You Should be doing a 25 to 50% water change a minimal of twice a week,


----------



## jtfyeung (Apr 27, 2009)

just rearranged my tank x]

thankyou chicklet. =D u prob just helped my fishy survive for longer


----------



## onekatietwo (Apr 12, 2009)

He might like a plant or something to hide behind/play in so he doesn't feel so exposed. 

You can get a real plant, or a soft fake one, a cave type decoration, or just use something like a candle votive or an old ceramic statue. That's not totally necessary, though.

You can also probably fill it up higher. Haha. It's a huge pet peeve of mine when my aquarium's water level isn't right up to the top. I don't know why... Hhaa.


----------



## JingleAllTheWay (Mar 21, 2009)

Nice looking betta. Yeah, I'd vote on getting a fake plant. You could also get gravel for the bottom or more glass gems. I like the turtles!


----------



## dukie1346 (Mar 22, 2009)

I like the turtles too


----------



## jtfyeung (Apr 27, 2009)

haha thx guys!! but i just went to walmart and bought a sh!t load of stuff 2day for Ducky. 

-Tetra brand submersible Heater
- tetra brand whisper internal filter 1-3Gallon
- 2 fake grass
- a new anchor hiding place =D i bet he likes it
- blue-ish gravel.
(FILLED IT UP HIGHER TOO)
- but took out 2 turtles cus no space =='

new aquarium look. plz comment so i can improve =D it looks ok to me, what do u guys think??


----------



## Guppy Girl (Dec 29, 2008)

Looks much better!
But, Im sure you could put somemore water in =)


----------



## jtfyeung (Apr 27, 2009)

can't, its at the tip of the filter x]
and i once owned small orangy fishes...and some of them jumped out of the tank..so i am traumatized by it. dont want to fill it up 2 much for it to suicide on me T^T


----------



## dramaqueen (Jul 7, 2008)

Bettas are excellent jumpers so you definitely need a lid.


----------



## Guppy Girl (Dec 29, 2008)

Ohh
Gotchya, thats understandable =)
Ive had thta happen to me a couple of times. Now any betta tank I get has a lid x)


----------



## jtfyeung (Apr 27, 2009)

x] i might get a better tank...mine looks awefully cheap..and its plastic...i want le glass tank T^T cus they are the uber and pretty


----------



## Guppy Girl (Dec 29, 2008)

I agree. I have a 3 gallon glass tank (I think) I want to set up for my betta, out of my plastic one, but I need to re seal it, and get a canopy for it, along with all the nessecities. Might not be for a while for that one.


----------



## hunniebeenikki (Apr 27, 2009)

Are they really jumpers Drama? Crap, now I'm gonna have to upset my hubby and go to wal mart to get that 10gal started tank. GRRRRR I don't have a lid for min. 

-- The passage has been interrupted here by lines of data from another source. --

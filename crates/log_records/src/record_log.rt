// The log in force, and its counts.
ghost use Rattle.std.specs.Prelude.{◌≡◌, ◌≤◌, ◌<◌, ◌+◌, ◌^◌, ◌++◌, length, OnOk, OnErr, IsErr};
ghost use Rattle.disk_model.specs.Disk.{Rises, Runs, Same, IsSettled};
ghost use Rattle.formats.specs.Records.{record_code, next_behind, IsRecord, IsPlaced};
ghost use Rattle.log_blocks.specs.LogView.{used_of, growth_of};
ghost use Rattle.log_blocks.specs.Creating.{LogsAlone, IsNewLog};
ghost use Rattle.log_records.specs.RecordLog.{counts};

use crate::codec::encode;
use crate::placing::{commands_in, next_behind};
use disk_model::{Failed, Machine};
use formats::Record;
use log_blocks::LogFile;
use oper_core::{Bounds, Memory, Oper};
use std::alloc::Global;
use std::marker::{Model, PhantomData};

/// The log's records in their files, and those that wait for a force.
#[derive(Drop)]
pub struct RecordLog<O: Oper> {
    pub(crate) alloc: Global,
    pub(crate) bounds: Bounds,
    pub(crate) log: LogFile,
    pub(crate) next: u64,
    pub(crate) accepted: u64,
    pub(crate) forced: u64,
    // What a command is encoded into.
    pub(crate) code: Vec<u8>,
    pub(crate) of: PhantomData<O>,
}

impl<O: Oper> Model for RecordLog<O> {
    ghost use Rattle.log_records.specs.RecordLog.{RecordLogView, IsCounted};

    ghost Value = { RecordLogView };

    ghost view = { λ s. record { bounds = s.bounds; log = s.log; next = s.next; accepted = s.accepted; forced = s.forced } };

    ghost invariant = { λ s. IsCounted s.bounds s.log.header s.accepted s.next };
}

impl<O: Oper> RecordLog<O> {
    /// How many logs the store had, this one counted. At 2^62 it is the last.
    pub fn epoch(&self) -> u64
        ensures value { result ≡ self.now.log.header.epoch }
        ensures last { result ≤ 2 ^ 62 }
    {
        self.log.epoch()
    }

    /// The number of the log's first numbered record, or of the next one where it has none.
    pub fn base(&self) -> u64
        ensures value { result ≡ self.now.log.header.base }
        ensures low { result ≤ self.now.next }
    {
        self.log.base()
    }

    /// The number of the next record.
    pub fn next(&self) -> u64
        ensures { result ≡ self.now.next }
    {
        self.next
    }

    /// The log's length, with the block that a force would add.
    pub fn used(&self) -> u64
        ensures { result ≡ used_of self.now.log }
    {
        self.log.used()
    }

    /// How many bytes of records wait for a force.
    pub fn buffered(&self) -> u64
        ensures { result ≡ length self.now.log.pending }
    {
        self.log.buffered()
    }

    /// By how much records of n bytes let the log grow.
    pub fn growth(&self, n: u64) -> u64
        requires { n ≤ 2 ^ 62 }
        ensures { result ≡ growth_of self.now.log.pending n }
    {
        self.log.growth(n)
    }

    /// How many commands were accepted since the store was made.
    pub fn accepted(&self) -> u64
        ensures { result ≡ self.now.accepted }
    {
        self.accepted
    }

    /// How many of them are stable.
    pub fn forced(&self) -> u64
        ensures { result ≡ self.now.forced }
    {
        self.forced
    }

    /// Makes the log of a new store. A crash at any moment of it leaves the objects as they were.
    pub fn create<M: Machine>(m: &mut M) -> Result<(), Failed>
        ensures runs { Runs LogsAlone Same (M.disk m.old) (M.disk m.new) }
        ensures made { (M.disk m.old).tells_files → OnOk result (IsNewLog (M.disk m.new).reads) }
        ensures settled { IsSettled (M.disk m.old) → OnOk result (IsSettled (M.disk m.new)) }
        ensures cause { IsErr result → Rises (M.disk m.old).disk_faults (M.disk m.new).disk_faults }
    {
        LogFile::create(m)
    }

    /// Adds a record after those that wait. A command is counted; a checkpoint takes no LSN. Without memory nothing changes
    /// but the room.
    pub fn append(&mut self, new: Record<O>) -> Result<(), Memory>
        requires placed { IsPlaced (O.meaning self.old.bounds) self.old.log.header.base self.old.next new }
        requires grammar { IsRecord (O.meaning self.old.bounds) new }
        requires short { length self.old.log.pending + length (record_code (O.meaning self.old.bounds) new) ≤ 2 ^ 30 }
        requires place { self.old.log.end + 5 + length self.old.log.pending + length (record_code (O.meaning self.old.bounds) new) < 2 ^ 49 }
        ensures ok { OnOk result (self.new ≡ record self.old {
          log = record self.old.log { pending = self.old.log.pending ++ record_code (O.meaning self.old.bounds) new; room = self.new.log.room };
          next = next_behind self.old.next new;
          accepted = self.old.accepted + counts new;
        }) }
        ensures err { OnErr result (self.new ≡ record self.old { log = record self.old.log { room = self.new.log.room } }) }
    {
        let next = next_behind(&new, self.next);
        let commands = commands_in(&new);
        let mut code = Vec::new(self.alloc);
        encode(&new, &mut code)?;
        self.log.make_room(code.len() as u64)?;
        self.log.push(&code);
        self.next = next;
        self.accepted += commands;
        Ok(())
    }
}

I like your set up jtfyeung, if Red would jump out I think that would really upset my 4yr old. She tells me that she loves Red lol. I just picked up 3 bags of gems from wal mart. different colors. He had to be right there as I was droppin the gems in. He's very curious


----------



## dramaqueen (Jul 7, 2008)

Yes, they are jumpers. Its best to have a cover of some sort. You don't want your betta committing fishy suicide. lol I have 2 of mine in critter keepers that have lids and 23in 1 gallon containers with lids that came from Petsmart and 1 in a 4 gallon aquarium.


----------



## LaniBaby (Apr 14, 2009)

he's cute! he looks so little. maybe he'll grow yet! 
i 2nd the plant motion. it looks a lot better with the grasses (my guys LOVE those grass plants). I'd also throw in one with some silk leaves. They like to nap on them. You can also get a plain terra cotta pot for them to hide in. They're about 50 cents at the craft store. Soak it in tank water over night (out of the tank) and then add later. Voila! Betta cave. However, if nothing else, i'd say some short silk plants in front and maybe a tall one in back. mine like to touch them and lean on them like little butterflies. i love it. they're about $5, and sometimes you can find them in packs.


----------



## hunniebeenikki (Apr 27, 2009)

Here in Auburn, Indiana, the Wal mart store has what they call a starter kit. it looks like a 10gal tand with a lid and all the other thingys too 

it costs about $13


----------



## jtfyeung (Apr 27, 2009)

thx guys. but i really hav no idea where i can find a cheap glass tank that can hold at least 5 gallons...i mean...i am onli looking for a 50$-ish tank..dont wnat it over 100$...taht's just too much. 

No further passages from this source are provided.